[About this task] If a line of the records contains the string "crates", copy it out.

[Stored dataset items]
Segment Open

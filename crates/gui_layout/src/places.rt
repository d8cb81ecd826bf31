//! The places of the objects of a store.
ghost use Rattle.std.specs.Prelude.{◌≡◌, ◌≤◌, ◌+ℤ◌, ◌-ℤ◌, pos, ℕ, Bool, [], ◌∷◌, true, false, None, Some, IfOk};
ghost use Rattle.std.specs.Prelude.{IfSome, MatchOption, eqb, is_some, option_map};
ghost use Rattle.std.specs.Prelude.{◌<◌, ◌+◌, ◌⊎◌, length, vec_len, vec_capacity};
ghost use Rattle.std.specs.Option.{option_to_list};
ghost use Rattle.gui_base.specs.Area.{area_at, is_empty, width_of};
ghost use Rattle.gui_base.specs.Bounded.{bounds_of};
ghost use Rattle.gui_base.specs.Corners.{rect_of};
ghost use Rattle.gui_base.specs.Forest.{StandsOnce, children_of, has, parent_of, preorder, tree_at};
ghost use Rattle.gui_base.specs.declared.intervals.TheConstants.{HANDLE};
ghost use Rattle.gui_tree.specs.Handles.{numbers};
ghost use Rattle.layout_defs.specs.Solving.{room_of};
ghost use Rattle.layout_defs.specs.Reach.{IsNear, IsPlaced as IsPlaceNumber};
ghost use Rattle.scene_defs.specs.Items.{bar_look, bars};
ghost use Rattle.gui_base.specs.declared.props.Prop.{Prop as Property};
ghost use Rattle.gui_base.specs.declared.words.Part.TheVariants.{Scrollbar};
ghost use Rattle.widget_defs.specs.Looks.{value_in};
ghost use Rattle.scene_defs.specs.Scene.{Scene, handles_of, is_there, object_at, value};
ghost use Rattle.gui_widgets.specs.Looks.{IsLook, items_of, widget_of};
ghost use Rattle.gui_store.specs.Views.{scene_of};
ghost use Rattle.gui_layout.specs.Painted.{PaintsLike, ShowsBarsIn};
ghost use Rattle.scene_defs.specs.Place.{offset, place, reach};
ghost use Rattle.gui_boxes.specs.Scrolls.{span_from};
ghost use Rattle.scene_defs.specs.Visible.{some_area, met, visible};
ghost use Rattle.gui_boxes.specs.Frames.{FrameIsNearby, IsFrameOf, Encloses};
ghost use Rattle.gui_boxes.specs.declared.frame.Frame.TheVariants.{Content};
ghost use Rattle.gui_boxes.specs.Settled.{known_at, tall_of, IsSteady};
ghost use Rattle.gui_boxes.specs.Slots.{room_in};
ghost use Rattle.gui_boxes.specs.Views.{box_at};
ghost use Rattle.gui_boxes.specs.Reaches.{IsPlaced};
ghost use Rattle.gui_layout.specs.Renewed.{AreRenewed, IsRenewed, KeepsRenewed};
ghost use Rattle.gui_layout.specs.Marked.{is_any_root, marked_trees};
ghost use Rattle.gui_layout.specs.Scrolled.{IsScrolledIn};
ghost use Rattle.gui_boxes.specs.Pending.{is_any, is_first, is_marked_in, is_partly, is_pending};
ghost use Rattle.gui_pool.specs.Table.{value_at};
ghost use Rattle.gui_boxes.specs.Telling.{Tells};
ghost use Rattle.gui_boxes.specs.Touched.{is_touched};
ghost use Rattle.gui_layout.specs.Calm.{ButTouchedBoxes, IsClosedUp, IsReady, MovesTouched, StandsOver};
ghost use Rattle.gui_layout.specs.Scenes.{HoldsBoxes, scene_box, shown_panel};
ghost use Rattle.gui_boxes.specs.Listing.{AddsValue, AreProper, HasThese, KeepsThose, SameValue, times};
ghost use Rattle.gui_boxes.specs.Tables.{AreListed, IsListed, listing_of, touched_or};
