//! The definitions of a session: what a viewer says over the RFB protocol, version 3.8, and what it is told.
//! There is no code here but the words that code and definitions share, and laws.
#![tactic(auto)]

ghost use Rattle.session_defs.specs.Examples.{SessionsAreWorked};
ghost use Rattle.session_defs.specs.Reference.{ReferenceSessions};
ghost use Rattle.session_defs.specs.Runs.{SessionsAreRead, RunsAreSeen};
ghost use Rattle.session_defs.specs.Viewing.{AnswersAreSeen};
ghost use Rattle.session_defs.specs.Watching.{SessionsAreSeen, MessagesAreSeen};

/// A channel of a pixel's number.
#[derive(Clone, Copy, Debug, PartialEq, Eq)]
pub struct Channel {
    /// Its greatest value, from 1 on.
    pub most: u16,
    /// By how many bits it is shifted, up to 31.
    pub shift: u8,
}

/// How a viewer wants its pixels: a number for each colour, and bytes for each number.
#[derive(Clone, Copy, Debug, PartialEq, Eq)]
pub struct Format {
    /// How many bits a pixel has: 8, 16 or 32.
    pub bits: u8,
    /// Whether the high byte comes first.
    pub big: bool,
    pub red: Channel,
    pub green: Channel,
    pub blue: Channel,
}

/// Why a session is at fault.
#[derive(Clone, Copy, Debug, PartialEq, Eq)]
pub enum RfbBad {
    /// The bytes end before the line `rfb`.
    NoSession,
    /// The viewer has another version.
    Version,
    /// The viewer chooses a security that is not offered.
    Security,
    /// A message is of no known kind.
    Message,
    /// A format may not be asked for.
    Format,
    /// The bytes end within what the viewer says.
    Cut,
}

/// Sessions that were worked out by hand.
pub fn worked_sessions()
    ensures { SessionsAreWorked }
{}

/// After each answer a viewer has the numbers of the picture in the area that it asked for.
pub fn answers_are_seen()
    ensures { AnswersAreSeen }
{}

/// So in the course of a session, whatever its parts are.
pub fn sessions_are_seen()
    ensures sound { SessionsAreSeen }
    ensures answers { MessagesAreSeen }
{}

/// A viewer reads what it has off the bytes that it gets, in the formats that it set: of each session, and of the
/// messages of each run.
pub fn bytes_are_read()
    ensures read { SessionsAreRead }
    ensures seen { RunsAreSeen }
{}

/// Sessions that were made at random come to what a reference implementation gives.
pub fn reference_sessions()
    ensures { ReferenceSessions }
{}
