//! Sending again over a line that loses, repeats and reorders.
//!
//! A [`Sender`] numbers the chunks that are put, keeps those that were not acknowledged and gives a copy of one as often as
//! it is asked. A [`Receiver`] keeps what comes within its window, whatever the order, and gives it out in the order of the
//! numbers. The line between them is the caller's.
//!
//! The layer above rests on `line_delivers_prefix`: whatever the line does, what was delivered is a prefix of what was put.
//! That it gets through is `one_round_brings_all`: from any state, one round in which nothing is lost delivers and acknowledges
//! all; and `fair_lines_bring_the_input`, of a line that lets one round in n through. Each call's contract is in the words of
//! `specs/Sending.antt` and `specs/Receiving.antt`; `specs/Line.antt` has the line, `specs/Rounds.antt` its rounds.
//! Begin with `sender.rt`.
//!
//! Numbers begin at 0 and count chunks. All of this is the project's own.
#![tactic(auto)]

mod chunk;
mod line;
mod receiver;
mod rounds;
mod sender;
mod window_limit;
mod window_slots;

pub use chunk::Chunk;
pub use line::line_delivers_prefix;
pub use receiver::{Got, Receiver};
pub use rounds::{fair_lines_bring_the_input, one_round_brings_all};
pub use sender::{Acked, PutFault, Sender};
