//! The end that chunks are delivered from.
ghost use Rattle.std.specs.Prelude.{◌≡◌, ℕ, ◌-◌, ◌^◌, ◌<◌, false, IfOk, IfErr, OnOk, OnErr, SomeIff, IsTrue};
ghost use Rattle.chorus_transport.specs.Window.{IsWindow};
ghost use Rattle.chorus_transport.specs.Receiving.{new_receiving, is_known, answer_to, after_arrival, next_chunk, after_next, ack_of};

use crate::chunk::Chunk;
use crate::window_limit::is_window;
use crate::window_slots::{filled, is_filled, widen};
use std::alloc::{AllocError, Global};
use std::collections::VecDeque;
use std::marker::Model;

/// What was done with a chunk that arrived.
#[derive(Clone, Copy, Debug, PartialEq, Eq)]
pub enum Got {
    /// It is kept until it is delivered.
    Kept,
    /// Its number was delivered or is kept.
    Old,
    /// Its number is past the window.
    Far,
}

/// The end that chunks are delivered from, in the order of their numbers. It keeps at most as many as its window is wide.
#[derive(Drop)]
pub struct Receiver {
    window: u16,
    delivered: u64,
    /// How many of the places from the front on are filled.
    ready: usize,
    /// The window's places from the next number on, as far as a chunk came.
    places: VecDeque<Option<Chunk>>,
}

impl Model for Receiver {
    ghost use Rattle.chorus_transport.specs.Receiving.{Receiving, padded, IsInOrder};

    ghost Value = { Receiving };

    ghost view = { λ r.
        record { delivered = r.delivered; ahead = padded r.window r.places.items } };

    ghost invariant = { λ r. IsInOrder r.window r.delivered r.ready r.places.items };
}

impl Receiver {
    /// A receiver that keeps at most `window` chunks; `None` exactly outside 1 to 64. Takes no memory.
    pub fn new(alloc: Global, window: u16) -> Option<Self>
        ensures { SomeIff result (IsWindow window) (new_receiving window) }
    {
        if !is_window(window) {
            return None;
        }
        Some(Receiver {
            window,
            delivered: 0,
            ready: 0,
            places: VecDeque::new(alloc),
        })
    }

    /// Takes a chunk with its number, which is to be below 2^64 - 1.
    ///
    /// Only `Kept` changes something. For want of memory, which comes only where it would be kept, the chunk comes back.
    pub fn arrived(&mut self, number: u64, chunk: Chunk) -> Result<Got, (Chunk, AllocError)>
        requires { number < 2 ^ 64 - 1 }
        ensures answer { IfOk result (λ got. got ≡ answer_to self.old number) }
        ensures after { OnOk result (self.new ≡ after_arrival self.old number chunk) }
        ensures memory { OnErr result (answer_to self.old number ≡ Got.Kept) }
        ensures err { IfErr result (λ refusal. (refusal.0 ≡ chunk) × (self.new ≡ self.old)) }
    {
        if number < self.delivered {
            return Ok(Got::Old);
        }
        let ahead = number - self.delivered;
        if ahead >= u64::from(self.window) {
            return Ok(Got::Far);
        }
        let at = ahead as usize;
        if is_filled(&self.places, at) {
            return Ok(Got::Old);
        }
        if let Err(fault) = widen(&mut self.places, at + 1) {
            return Err((chunk, fault));
        }
        self.places[at] = Some(chunk);
        self.ready = filled(&self.places, self.ready);
        Ok(Got::Kept)
    }

    /// Delivers the next chunk in order; `None` exactly where it is not kept. Takes no memory.
    pub fn next(&mut self) -> Option<Chunk>
        ensures value { result ≡ next_chunk self.old }
        ensures after { self.new ≡ after_next self.old }
    {
        if self.ready == 0 {
            return None;
        }
        self.ready -= 1;
        self.delivered += 1;
        self.places.pop_front()?
    }

    /// What the receiver acknowledges: the least number neither delivered nor kept. Takes no memory.
    pub fn ack(&self) -> u64
        ensures value { result ≡ ack_of self.now }
        ensures known_below { (number : ℕ) → number < result → IsTrue (is_known self.now number) }
        ensures not_known { is_known self.now result ≡ false }
    {
        self.delivered + self.ready as u64
    }
}
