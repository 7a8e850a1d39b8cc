//! Bytes carried over a line that loses, repeats and reorders by draws.
//!
//! [`carry`] runs the two ends of `chorus_transport` in rounds, over a line whose losses, repeats and delays are drawn from a
//! number. What has to be believed is `specs/Rounds.antt`, which says what happens in a round. The layer above rests on this:
//! what is delivered is what was carried, and what is counted is that of the run. [`lossy`] carries what a source gives, and
//! writes what came of it (`specs/Output.antt`).
//!
//! Begin with [`carry`].

#![tactic(auto)]

mod carrying;
mod line;
mod printing;
mod rounds;

pub use carrying::{Carried, carry};
pub use line::{CHUNK_BYTES, WINDOW};
pub use printing::{INPUT_LIMIT, lossy};
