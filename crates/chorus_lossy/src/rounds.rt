//! The parts of a round, and the rounds.

ghost use Rattle.std.specs.Prelude.{◌≡◌, ◌<◌, ◌≤◌, ◌+◌, ◌-◌, ◌^◌, ◌%◌, ◌==◌, ℕ, [], OnOk, OnErr, not};
ghost use Rattle.chorus_draw.specs.Draws.{next_state, number_of};
ghost use Rattle.chorus_transport.specs.Sending.{Sending};
ghost use Rattle.chorus_transport.specs.Receiving.{Receiving};
ghost use Rattle.chorus_lossy.specs.declared.rounds.Run.{Run};
ghost use Rattle.chorus_lossy.specs.Line.{chunk_count, ends};
ghost use Rattle.chorus_lossy.specs.Rounds.{Moment, is_lost, filled, emission, all_sent, released, all_delivered, acknowledged, round};
ghost use Rattle.chorus_lossy.specs.Running.{IsAt, IsBetween, AreSmall, MayEmit};

use crate::carrying::Carried;
use crate::line::{WINDOW, arrive, arrive_twice, chunk_at, chunk_count};
use chorus_draw::{next_state, number_of};
use chorus_transport::{Chunk, Receiver, Sender};
use std::alloc::{AllocError, Global};

/// A run, so far as the ends do not tell it.
#[derive(Drop)]
pub(crate) struct Run {
    /// The bytes that were delivered.
    pub(crate) delivered: Vec<u8>,
    /// The chunks that the line holds back in this round, with their numbers, the latest last.
    pub(crate) held: Vec<(u64, Chunk)>,
    /// What the generator has come to.
    pub(crate) state: u64,
    /// How often a chunk was emitted.
    pub(crate) emitted: u64,
    /// How often a chunk or an acknowledgement was lost.
    pub(crate) lost: u64,
}

impl Run {
    /// The run before its first round: nothing happened yet.
    pub(crate) fn new(alloc: Global, first: u64) -> Self
        ensures state { result.state ≡ first }
        ensures held { result.held.items ≡ [] }
        ensures delivered { result.delivered.items ≡ [] }
        ensures emitted { result.emitted ≡ 0 }
        ensures lost { result.lost ≡ 0 }
    {
        Run {
            delivered: Vec::new(alloc),
            held: Vec::new(alloc),
            state: first,
            emitted: 0,
            lost: 0,
        }
    }

    /// What was carried in the run, with what it counted.
    pub(crate) fn carried(self) -> Carried
        ensures delivered { result.delivered ≡ self.delivered }
        ensures emitted { result.emitted ≡ self.emitted }
        ensures lost { result.lost ≡ self.lost }
    {
        Carried {
            delivered: self.delivered,
            emitted: self.emitted,
            lost: self.lost,
        }
    }
}

/// What becomes of what is sent next in the round, by the last digit of a draw in base four.
fn draw(run: &mut Run) -> u64
    ensures fate { result ≡ number_of run.new.state % 4 }
    ensures state { run.new ≡ record run.old { state = next_state run.old.state } }
{
    run.state = next_state(run.state);
    number_of(run.state) % 4
}

/// Whether what has this fate is lost: in each fourth round nothing is.
fn is_lost(round: u64, fate: u64) -> bool
    ensures { result ≡ is_lost round fate }
{
    fate == 0 && round % 4 != 0
}

/// Puts chunks into the sender, as a round begins, while the window has room.
pub(crate) fn fill(alloc: Global, bytes: &[u8], sender: &mut Sender) -> Result<(), AllocError>
    requires { sender.old.window ≡ WINDOW }
    ensures ok { (m : Moment) (run : Run) (r : Receiving) → IsAt m run sender.old r →
        OnOk result (IsAt (filled bytes.now m) run sender.new r) }
    ensures window { sender.new.window ≡ WINDOW }
    ensures err { (m : Moment) (run : Run) (r : Receiving) → IsAt m run sender.old r →
        OnErr result (IsBetween m (filled bytes.now m) (ends sender.new r)) }
{
    let kept = sender.next() - sender.base();
    let left = chunk_count(bytes).saturating_sub(sender.next());
    let room = left.min(u64::from(WINDOW) - kept);
    for _ in 0..room {
        let chunk = chunk_at(alloc, bytes, sender.next())?;
        match sender.put(chunk) {
            Ok(()) => {}
            // There is room, so that memory is what it lacks.
            Err(_) => return Err(AllocError),
        }
    }
    Ok(())
}

/// Emits each chunk that the sender keeps: at most a window of chunks, each of which may be lost.
pub(crate) fn send(
    alloc: Global,
    round: u64,
    run: &mut Run,
    sender: &Sender,
    receiver: &mut Receiver,
) -> Result<(), AllocError>
    requires emitted { run.old.emitted + WINDOW < 2 ^ 64 }
    requires lost { run.old.lost + WINDOW < 2 ^ 64 }
    requires held { run.old.held.items ≡ [] }
    requires window { sender.now.window ≡ WINDOW }
    ensures ok { (m : Moment) → IsAt m run.old sender.now receiver.old →
        OnOk result (IsAt (all_sent round m) run.new sender.now receiver.new) }
    ensures held { OnOk result (AreSmall run.new.held.items) }
    ensures lost { run.new.lost ≤ run.old.lost + WINDOW }
    ensures err { (m : Moment) → IsAt m run.old sender.now receiver.old →
        OnErr result (IsBetween m (all_sent round m) (ends sender.now receiver.new)) }
{
    for number in sender.base()..sender.next() {
        emit(alloc, round, number, run, sender, receiver)?;
    }
    Ok(())
}

/// Emits the chunk of that number, which the sender keeps, with a draw.
fn emit(
    alloc: Global,
    round: u64,
    number: u64,
    run: &mut Run,
    sender: &Sender,
    receiver: &mut Receiver,
) -> Result<(), AllocError>
    requires may { MayEmit number run.old sender.now }
    ensures ok { (m : Moment) → IsAt m run.old sender.now receiver.old →
        OnOk result (IsAt (emission round number m) run.new sender.now receiver.new) }
    ensures emitted { run.new.emitted ≡ run.old.emitted + 1 }
    ensures lost { run.new.lost ≤ run.old.lost + 1 }
    ensures held { OnOk result (AreSmall run.new.held.items) }
    ensures err { (m : Moment) → IsAt m run.old sender.now receiver.old →
        OnErr result (IsBetween m (emission round number m) (ends sender.now receiver.new)) }
{
    run.emitted += 1;
    let fate = draw(run);
    if is_lost(round, fate) {
        run.lost += 1;
        return Ok(());
    }
    let Some(chunk) = sender.emit(alloc, number)? else {
        unreachable!()
    };
    if fate == 1 {
        return arrive_twice(alloc, number, chunk, receiver);
    }
    if fate == 2 {
        run.held.push((number, chunk))?;
        return Ok(());
    }
    arrive(number, chunk, receiver)
}

/// Lets the chunks that the line held back in the round arrive, the latest first.
pub(crate) fn release(run: &mut Run, receiver: &mut Receiver) -> Result<(), AllocError>
    requires { AreSmall run.old.held.items }
    ensures ok { (m : Moment) (s : Sending) → IsAt m run.old s receiver.old →
        OnOk result (IsAt (released m) run.new s receiver.new) }
    ensures held { OnOk result (run.new.held.items ≡ []) }
    ensures lost { run.new.lost ≡ run.old.lost }
    ensures err { (m : Moment) (s : Sending) → IsAt m run.old s receiver.old →
        OnErr result (IsBetween m (released m) (ends s receiver.new)) }
{
    while let Some((number, chunk)) = run.held.pop() {
        arrive(number, chunk, receiver)?;
    }
    Ok(())
}

/// Delivers all that the receiver gives in a round.
pub(crate) fn deliver(run: &mut Run, receiver: &mut Receiver) -> Result<(), AllocError>
    ensures ok { (m : Moment) (s : Sending) → IsAt m run.old s receiver.old →
        OnOk result (IsAt (all_delivered m) run.new s receiver.new) }
    ensures held { run.new.held ≡ run.old.held }
    ensures lost { run.new.lost ≡ run.old.lost }
    ensures err { (m : Moment) (s : Sending) → IsAt m run.old s receiver.old →
        OnErr result (IsBetween m (all_delivered m) (ends s receiver.new)) }
{
    while let Some(chunk) = receiver.next() {
        run.delivered.extend_from_slice(chunk.bytes())?;
    }
    Ok(())
}

/// Sends the acknowledgement of a round, with a draw.
pub(crate) fn acknowledge(round: u64, run: &mut Run, sender: &mut Sender, receiver: &Receiver)
    requires { run.old.lost + 1 < 2 ^ 64 }
    ensures ok { (m : Moment) → IsAt m run.old sender.old receiver.now →
        IsAt (acknowledged round m) run.new sender.new receiver.now }
    ensures held { run.new.held ≡ run.old.held }
{
    let fate = draw(run);
    if is_lost(round, fate) {
        run.lost += 1;
    } else {
        sender.acked(receiver.ack());
    }
}

/// Plays the round of that number, from 1, of a run over the line. Beside the chunks that are sent it may lose the
/// acknowledgement.
pub(crate) fn play(
    alloc: Global,
    bytes: &[u8],
    number: u64,
    run: &mut Run,
    sender: &mut Sender,
    receiver: &mut Receiver,
) -> Result<(), AllocError>
    requires window { sender.old.window ≡ WINDOW }
    requires held { run.old.held.items ≡ [] }
    requires emitted { run.old.emitted + WINDOW < 2 ^ 64 }
    requires lost { run.old.lost + WINDOW + 1 < 2 ^ 64 }
    ensures ok { (m : Moment) → IsAt m run.old sender.old receiver.old →
        OnOk result (IsAt (round bytes.now number m) run.new sender.new receiver.new) }
    ensures held { OnOk result (run.new.held.items ≡ []) }
    ensures err { (m : Moment) → IsAt m run.old sender.old receiver.old → OnErr result
        (IsBetween m (round bytes.now number m) (ends sender.new receiver.new)) }
{
    fill(alloc, bytes, sender)?;
    send(alloc, number, run, sender, receiver)?;
    release(run, receiver)?;
    deliver(run, receiver)?;
    if run.delivered.len() != bytes.len() {
        acknowledge(number, run, sender, receiver);
    }
    Ok(())
}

Segment Closed

[Your response]
filename crates/gui_layout/src/places.rt
filename crates/chorus_lossy/src/rounds.rt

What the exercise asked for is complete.